Tissue and interspecies comparison of catechol-O-methyltransferase mediated catalysis of 6-O-methylation of esculetin to scopoletin and its inhibition by entacapone and tolcapone

Figures & data

Figure 1. Substrate and product fluorescence in COMT mediated O-methylation catalysis of esculetin to scopoletin or isoscopoletin. The weakly fluorescent esculetin is 6-O-methylated to the highly fluorescent scopoletin and 7-O-methylated to the non-fluorescent isoscopoletin (panel A). Panel B shows the effect of pH on the fluorescence of esculetin, scopoletin, and isoscopoletin at excitation 405 nm and emission 460 nm wavelengths. The fluorescence of 1 µM scopoletin is dependent on the type of the 100 mM buffer at pH 7.4 and incubation time (panel C). The fluorescence values of scopoletin, esculetin, or sum of scopoletin (0 →10 µM) and esculetin (10 → 0 µM) are linearly dependent on the concentration (panel D).
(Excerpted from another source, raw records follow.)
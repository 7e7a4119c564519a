//! Saving what earlier sources hold, renewed by later ones.
use super::saving::{save_content, tell_kept};
use super::{Inputs, Printed, allow_output, print_answer, told, unsaved};
use mxf_asked::{Renewing, Saving};
use mxf_catalogue::Catalogue;
use mxf_hints::{
    Exit, RunFault, Shift, is_contradicted, tell_offsets, tell_on_screen, tell_two_recordings,
};
use mxf_klv::OutOfMemory;
use mxf_read::PieceReport;
use mxf_saving::{Reservation, Source};
use mxf_sources::{HeldBySources, Later, Sides, hold_both};
use mxf_verify::{Renewed, renew};
use std::alloc::{AllocError, Global};

/// Writes the catalogue of what the earlier sources hold together, renewed by the later ones, and prints what was
/// dropped. Its place is held before the first source is opened.
///
/// Unless all is to be dropped, nothing is written if all partition packs of a later source say that its OFFSET is
/// wrong by one number of bytes, or if more essence of the earlier sources is dropped than the later ones have of it.
pub fn print_renewal<'a>(
    rt: &HostRuntime,
    inputs: Inputs<'_, 'a>,
    renewing: Renewing<'a>,
) -> Result<Exit, RunFault<'a>> {
    let Saving { out, is_dry, .. } = renewing.saving;
    let Ok(all) = all_sources(rt.alloc(), inputs) else {
        return Err(RunFault::OutOfMemory);
    };
    allow_output(rt, out, &all)?;
    let place = match Reservation::take(rt, out, is_dry) {
        Ok(place) => place,
        Err(fault) => return Err(unsaved(out, fault)),
    };
    let Sides { earlier, later } = hold_both(
        rt,
        inputs.telling.screen,
        inputs.beside,
        inputs.sources,
    )?;
    renew_by(rt, inputs, renewing, place, &earlier, later)
}

/// The earlier sources and the later ones.
fn all_sources<'a>(alloc: Global, inputs: Inputs<'_, 'a>) -> Result<Vec<Source<'a>>, AllocError> {
    let mut all = Vec::from_slice(alloc, inputs.beside)?;
    all.extend_from_slice(inputs.sources)?;
    Ok(all)
}

/// Writes what the earlier sources hold, renewed by what the later ones do, and prints what was dropped.
fn renew_by<'a, 'r>(
    rt: &'r HostRuntime,
    inputs: Inputs<'_, 'a>,
    renewing: Renewing<'a>,
    place: Reservation<'r, HostRuntime>,
    earlier: &HeldBySources,
    later: Later,
) -> Result<Exit, RunFault<'a>> {
    let Later {
        views,
        reports,
        shifts,
    } = later;
    judge_offsets(renewing, inputs.sources, &shifts)?;
    let is_wrong = inputs.telling.has_hints
        && (is_contradicted(&earlier.gathered.views) || is_contradicted(&views));
    let newer = views.into_catalogue();
    let exit = save_renewed(rt, inputs, renewing, place, earlier, newer)?;
    if is_wrong && tell_both_offsets(rt, inputs).is_err() {
        return Err(RunFault::OutOfMemory);
    }
    let is_strict = renewing.saving.is_strict;
    told_both(rt, inputs, is_strict, earlier, reports.as_slice(), exit)
}

/// Refuses the first source whose partition packs say that it begins elsewhere, unless all is to be dropped.
fn judge_offsets<'a>(
    renewing: Renewing<'_>,
    sources: &[Source<'a>],
    shifts: &[Option<Shift>],
) -> Result<(), RunFault<'a>> {
    if renewing.drops {
        return Ok(());
    }
    for (source, shift) in sources.iter().zip(shifts) {
        match (source.place(), shift) {
            (Some(_), Some(shift)) => {
                return Err(RunFault::WrongOffset {
                    word: *source,
                    shift: *shift,
                });
            }
            _ => {}
        }
    }
    Ok(())
}

/// Tells of each earlier and later source that begins at another offset by its partition packs.
fn tell_both_offsets(rt: &HostRuntime, inputs: Inputs<'_, '_>) -> Result<(), AllocError> {
    tell_offsets(rt, inputs.beside)?;
    tell_offsets(rt, inputs.sources)?;
    Ok(())
}

/// Ends a run that printed what was renewed: if hints are told, it tells of pieces that weren't noted whole.
fn told_both<'a>(
    rt: &HostRuntime,
    inputs: Inputs<'_, 'a>,
    is_strict: bool,
    earlier: &HeldBySources,
    later: &[PieceReport],
    exit: Exit,
) -> Result<Exit, RunFault<'a>> {
    let has_hints = inputs.telling.has_hints;
    let earlier = earlier.gathered.reports.as_slice();
    let exit = exit.of_join(is_strict, earlier);
    let exit = exit.of_join(is_strict, later);
    let exit = told(rt, has_hints, inputs.beside, earlier, true, exit)?;
    told(rt, has_hints, inputs.sources, later, true, exit)
}

/// Renews the earlier catalogue by the later one, writes it to the place that is held, and prints what was dropped.
fn save_renewed<'a, 'r>(
    rt: &'r HostRuntime,
    inputs: Inputs<'_, 'a>,
    renewing: Renewing<'a>,
    place: Reservation<'r, HostRuntime>,
    earlier: &HeldBySources,
    later: Catalogue,
) -> Result<Exit, RunFault<'a>> {
    let notes = earlier.gathered.views.catalogue();
    let Ok(renewed) = renew(rt.alloc(), notes, later) else {
        return Err(RunFault::OutOfMemory);
    };
    if renewed.is_of_another && !renewing.drops {
        return print_unrenewed(rt, inputs, &renewed);
    }
    let saving = renewing.saving;
    match save_content(rt, inputs, saving.out, &renewed.catalogue, place) {
        Ok(kept) => {
            let exit = print_answer(rt, Printed::Renewed(&renewed, true), inputs.form)?;
            tell_kept(rt, inputs.telling.has_hints, saving, &kept)?;
            let disputed = renewed.catalogue.disputed().count();
            Ok(exit.of_disputes(saving.is_strict, disputed))
        }
        Err(fault) => Err(unsaved(saving.out, fault)),
    }
}

/// Prints what would have been dropped of a renewal that isn't saved, and if hints are told, why it isn't.
fn print_unrenewed<'a>(
    rt: &HostRuntime,
    inputs: Inputs<'_, 'a>,
    renewed: &Renewed<'_>,
) -> Result<Exit, RunFault<'a>> {
    let exit = print_answer(rt, Printed::Renewed(renewed, false), inputs.form)?;
    if inputs.telling.has_hints && tell_unrenewed(rt, inputs).is_err() {
        return Err(RunFault::OutOfMemory);
    }
    Ok(exit)
}

/// Tells why a renewal isn't saved: the sources are of another recording by what they describe, or may be.
fn tell_unrenewed(rt: &HostRuntime, inputs: Inputs<'_, '_>) -> Result<(), AllocError> {
    if tell_two_recordings(rt, inputs.beside, inputs.sources)? {
        return Ok(());
    }
    tell_on_screen(
        rt,
        &"hint: more essence of --old is dropped than SRC.. have of it: are they of the same recording, and is OFFSET right? --drop saves them all the same",
    )
}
Figure 2. Factors affecting the esculetin 6-O-methylation reaction. Panel A shows the increase in fluorescence when 10 µM of esculetin is incubated in 100 mM phosphate buffer pH 7.4 containing rat liver cytosol (high activity sample) or brain (low activity sample), 5 mM of MgCl₂, and 100 µM of SAM. Panel B displays the increase in the scopoletin concentration in the reaction sample, whereas no scopoletin is formed in the negative controls without SAM or cytosol, after the standardisation of fluorescence to the scopoletin concentration. Panel C shows the effect of the amount of cytosolic protein on the formation of scopoletin. Panel D shows the correlation between the scopoletin concentrations determined with the fluorescence assay and with the LC-MS analysis after incubation of esculetin with human, mouse, rat, dog, rabbit, pig, and sheep liver cytosols. Panels E and F provide details of enzyme kinetics of esculetin 6-O-methylation with respect to the cofactor, S-adenosylmethionine and the substrate, esculetin, in rat liver cytosol, respectively.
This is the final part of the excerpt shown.